As explained above in "Ball and socket", the movement in the coupler and ball combination is limited to mostly horizontal movement and tilting slightly. Therefore, this type of coupling is best suited for three-wheeled motorcycles and four-wheeled vehicles. In contrast, as pivot ball hitches and swivel adapters do allow the appreciable lean necessary to keep all the trailer wheels on the ground while turning, these devices are the better option for towing trailers behind a two-wheeled motorcycle. However, the standard car type "ball and socket" couplings used in the United Kingdom are perfectly adequate for two wheeled motorcycles providing plenty of lean angle.

=== Towing restrictions in the United Kingdom ===

In the United Kingdom, there are some legal restrictions on towing trailers.
- Only motorcycles with engine displacement over 125 cm3 may tow.

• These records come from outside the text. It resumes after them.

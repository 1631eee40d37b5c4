//! Tests alone: worked examples of data that are read, explained and written, of the values of a
//! stream, and of derived structs. They are here and not in the crates that they test, since a
//! library with tests is proved twice.
#![tactic(auto)]

#[cfg(test)]
mod config;
#[cfg(test)]
mod derived;
#[cfg(test)]
mod drawing;
#[cfg(test)]
mod explained;
#[cfg(test)]
mod floats_explained;
#[cfg(test)]
mod kept;
#[cfg(test)]
mod keys;
#[cfg(test)]
mod looks;
#[cfg(test)]
mod repeated_names;
#[cfg(test)]
mod rows;
#[cfg(test)]
mod streams;
#[cfg(test)]
mod texts;
#[cfg(test)]
mod trees;
#[cfg(test)]
mod tuples;
#[cfg(test)]
mod values;
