// A drawing: a struct whose fields are tuples and lists of them.
mod json;

// json: derive
/// A drawing.
#[derive(Drop)]
pub struct Drawing {
    /// How many columns and rows of pixels it has.
    pub size: (u16, u16),
    /// The pixels that are not black: the column, the row, and how red, green and blue each is.
    pub pixels: Vec<(u16, u16, u8, u8, u8)>,
    /// Its title, whether that is shown, and a letter for it in lists.
    pub title: Option<(String, bool, char)>,
}
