// A configuration, as a program has one.
mod json;

use std::collections::BTreeMap;

// json: derive
/// A server.
#[derive(Drop)]
pub struct Server {
    /// Where it is.
    pub host: String,
    /// The port on which it listens.
    pub port: u16,
}

// json: derive strict
/// Some servers.
#[derive(Drop)]
pub struct Config {
    /// The servers.
    pub servers: Vec<Server>,
    /// Names of statuses, by their numbers.
    // json: default
    pub names: BTreeMap<u16, String>,
    /// The times to wait, in seconds.
    // json: default
    pub waits: Vec<Option<u32>>,
}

- The motorcycle must be marked with its kerbside weight.
- The trailer must not be wider than 1 m.
- The distance between the rear axle of the motorcycle and the rear-most part of the trailer must not exceed 2.5 m.

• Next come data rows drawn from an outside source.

// Floats and pairs that are refused, and what is said of them.
use crate::looks::{Row, each_holds};
use crate::repeated_names::says;
use std::alloc::Global;

// What a text is read as.
enum As {
    Doubles,
    Floats,
    Pair,
    Pairs,
}

// A text, and what is said of it: nothing if it is read.
struct Said {
    json: &'static str,
    wanted: As,
    said: &'static str,
}

impl Row for Said {
    fn text(&self) -> &'static str {
        self.json
    }

    fn holds(&self, alloc: Global) -> bool {
        match self.wanted {
            As::Doubles => says::<Vec<f64>>(alloc, self.json, self.said),
            As::Floats => says::<Vec<f32>>(alloc, self.json, self.said),
            As::Pair => says::<(f64, u8)>(alloc, self.json, self.said),
            As::Pairs => says::<Vec<(f64, u8)>>(alloc, self.json, self.said),
        }
    }
}

const ROWS: &[Said] = &[
    Said {
        json: "[1.5,\n 1e309]",
        wanted: As::Doubles,
        said: "line 2 column 2, path \"/1\": a number, where a number in the range of a double is wanted",
    },
    Said {
        json: "[1.5, -0, 1e-400]",
        wanted: As::Doubles,
        said: "",
    },
    Said {
        json: "[1e39]",
        wanted: As::Floats,
        said: "line 1 column 2, path \"/0\": a number, where a number in the range of a single-precision float is wanted",
    },
    Said {
        json: "[\"1\"]",
        wanted: As::Floats,
        said: "line 1 column 2, path \"/0\": a string, where a number in the range of a single-precision float is wanted",
    },
    Said {
        json: "[true, 300]",
        wanted: As::Pair,
        said: "line 1 column 2, path \"/0\": a boolean, where a number in the range of a double is wanted",
    },
    Said {
        json: "[1.5, null, 7]",
        wanted: As::Pair,
        said: "line 1 column 7, path \"/1\": null, where an integer from 0 to 255 is wanted",
    },
    Said {
        json: "{}",
        wanted: As::Pair,
        said: "line 1 column 1, path \"\": an object, where an array of two elements is wanted",
    },
    Said {
        json: "[[]]",
        wanted: As::Pairs,
        said: "line 1 column 2, path \"/0\": an array, where an array of two elements is wanted",
    },
    Said {
        json: "[[1.5]]",
        wanted: As::Pairs,
        said: "line 1 column 2, path \"/0\": an array, where an array of two elements is wanted",
    },
    Said {
        json: "[[1, 2],\n [1.5, 7, 8]]",
        wanted: As::Pairs,
        said: "line 2 column 2, path \"/1\": an array, where an array of two elements is wanted",
    },
    Said {
        json: "[[1.5, 7], [2, 8]]",
        wanted: As::Pairs,
        said: "",
    },
];

#[test]
fn floats_and_pairs_explained(rt: HostRuntime) {
    each_holds(&rt, rt.alloc(), ROWS);
}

- The laden weight of the trailer must not exceed 150 kg or two-thirds of the kerbside weight of the motorcycle, whichever is lighter.
- The trailer must be clearly and indelibly marked with its unladen weight.

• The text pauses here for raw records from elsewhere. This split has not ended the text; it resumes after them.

// Values of one input, one after another.
ghost use Rattle.std.specs.Prelude.{◌<◌, ◌^◌, length};

use crate::looks::{Refused, Row, each_holds, holds, is_refused};
use json_data::IgnoredAny;
use json_stream::Deserializer;
use json_text::{Error, ErrorCode, Place, Repaired, Result, repair};
use std::alloc::Global;

// How many values are returned, what is refused then, and whether nothing follows that.
fn drained(alloc: Global, text: &str) -> (usize, Refused, bool)
    requires { length text.now < 2 ^ 32 }
{
    let mut values = Deserializer::from_str(text).into_stream::<IgnoredAny>();
    for count in 0..text.len() {
        match values.next(alloc) {
            Some(Ok(_)) => {}
            Some(Err(error)) => {
                let refused = Some((error.code, error.offset()));
                return (count, refused, values.next(alloc).is_none());
            }
            None => return (count, None, false),
        }
    }
    (text.len(), None, false)
}

// A text, how many values it has, and what is refused then.
struct Stream {
    json: &'static str,
    count: usize,
    code: ErrorCode,
    offset: usize,
}

impl Row for Stream {
    fn text(&self) -> &'static str {
        self.json
    }

    fn holds(&self, alloc: Global) -> bool {
        let refused = Some((self.code, Some(self.offset)));
        self.json.len() < 100 && drained(alloc, self.json) == (self.count, refused, true)
    }
}

const STREAMS: &[Stream] = &[
    Stream {
        json: "{\"a\": 123, \"b\": \"foo\"} true [1, 2, 3] wrong chars",
        count: 3,
        code: ErrorCode::InvalidJsonValue,
        offset: 38,
    },
    Stream {
        json: " 1 ",
        count: 1,
        code: ErrorCode::EofWhileParsing,
        offset: 3,
    },
    Stream {
        json: "01",
        count: 0,
        code: ErrorCode::InvalidNumber,
        offset: 1,
    },
];

#[test]
fn values_up_to_the_first_that_is_damaged(rt: HostRuntime) {
    each_holds(&rt, rt.alloc(), STREAMS);
}

// Whether what follows the first value is refused, at its place.
fn object_ends(alloc: Global) -> bool {
    let mut input = Deserializer::from_str("{\"a\": 1, \"b\": 2}123").use_rawnumber();
    let read = input.deserialize::<IgnoredAny>(alloc).is_ok();
    let index = input.index();
    read && index == 16 && is_refused(input.end(), ErrorCode::TrailingCharacters, 16)
}

fn list_ends() -> bool {
    Deserializer::from_str("]").end_seq().is_ok()
}

fn comma_is_refused() -> bool {
    let mut comma = Deserializer::from_str(",");
    let of_list = is_refused(comma.end_seq(), ErrorCode::ExpectedArrayCommaOrEnd, 0);
    of_list && is_refused(comma.end_map(), ErrorCode::TrailingComma, 0)
}

fn broken_bytes_are_refused(alloc: Global) -> bool {
    let mut broken = Deserializer::from_slice(b"1 \xff");
    let read = broken.deserialize::<IgnoredAny>(alloc);
    let refused = is_refused(read, ErrorCode::InvalidUTF8, 2);
    let ended = is_refused(broken.end(), ErrorCode::InvalidUTF8, 2);
    refused && ended && broken.index() == 0
}

#[test]
fn ends_behind_a_value(rt: HostRuntime) {
    assert!(rt; object_ends(rt.alloc()));
    assert!(rt; list_ends());
    assert!(rt; comma_is_refused());
    assert!(rt; broken_bytes_are_refused(rt.alloc()));
}

fn is_read(outcome: Result<String>, text: &str) -> bool {
    match outcome {
        Ok(read) => read.as_str() == text,
        Err(_) => false,
    }
}

fn is_surrogate(outcome: Result<String>) -> bool {
    match outcome {
        Ok(_) => false,
        Err(error) => error.code == ErrorCode::InvalidSurrogate,
    }
}

// Whether a lone surrogate is refused, and then read in the other mode.
fn mode_decides(alloc: Global) -> bool {
    let mut strict = Deserializer::from_str("\"\\ud800a\"");
    let refused = is_surrogate(strict.deserialize::<String>(alloc));
    let mut lossy = strict.utf8_lossy();
    let read = is_read(lossy.deserialize::<String>(alloc), "\u{fffd}a");
    refused && read && lossy.index() == 9
}

#[test]
fn lone_surrogates_by_the_mode(rt: HostRuntime) {
    assert!(rt; mode_decides(rt.alloc()));
}

// Whether the string of a repaired text is read up to the end of its input.
fn repaired_is_read(alloc: Global, repaired: &Repaired) -> bool {
    if repaired.as_str().len() >= 100 {
        return false;
    }
    let mut input = Deserializer::from_repaired(repaired);
    let read = is_read(input.deserialize::<String>(alloc), "\u{fffd}");
    read && input.index() == 3
}

fn repaired_string_is_read(alloc: Global) -> Result<bool> {
    Ok(repaired_is_read(alloc, &repair(alloc, b"\"\xff\"")?))
}

// What is refused of a repaired text.
fn error_of(alloc: Global, repaired: &Repaired) -> Option<Error> {
    if repaired.as_str().len() >= 100 {
        return None;
    }
    let mut input = Deserializer::from_repaired(repaired);
    match input.deserialize::<IgnoredAny>(alloc) {
        Ok(_) => None,
        Err(error) => Some(error),
    }
}

fn error_in_list(alloc: Global) -> Result<Option<Error>> {
    Ok(error_of(alloc, &repair(alloc, b"[1,\n\"\xff\", x]")?))
}

#[test]
fn repaired_texts_told_by_their_input(rt: HostRuntime) {
    assert!(rt; holds(repaired_string_is_read(rt.alloc())));
    let place = Place::At {
        offset: 9,
        line: 2,
        column: 6,
    };
    let want = Error {
        code: ErrorCode::InvalidJsonValue,
        place,
    };
    assert!(rt; error_in_list(rt.alloc()) == Ok(Some(want)));
}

- The UK speed limit is 60 mph on motorways and dual carriageways and 50 mph on all other roads unless a lesser limit is in force.
- The trailer must display the same registration plate as the towing vehicle.
- Trailers must have two red sidelights, two red stop lights, a number plate light, two triangular red reflectors and amber indicators (which flash between 60 and 120 times per minute) at the rear.
- All trailers built after September 30, 1990 also require white front reflectors.

=== Safety ===
Tips for towing include:
- Motorcycle manufacturers do not recommend that trailers be towed by their motorcycles because of the increased safety hazards. All towing is done at the operator's own risk.
- A ball hitch, where used, should be well greased at all times to facilitate smooth cornering.
- While towing a trailer, one must remember to ride closer to the centre of the lane, taking the width of trailer into account. Be careful of the "oil strip" in the centre of the lane at intersections, especially when it begins to rain after an extended dry spell. Also, watch for uneven road surfaces and road edges that can unbalance the trailer.
- Keep enough of the weight forward of the axle to maintain a positive hitch load when loading the trailer.

== World records ==
The Guinness World Record for a motorcycle and trailer is 139.5 mph, set in 2002 by Motor Cycle News (UK) towing a Squire D21 trailer behind a Kawasaki ZZ-R1100.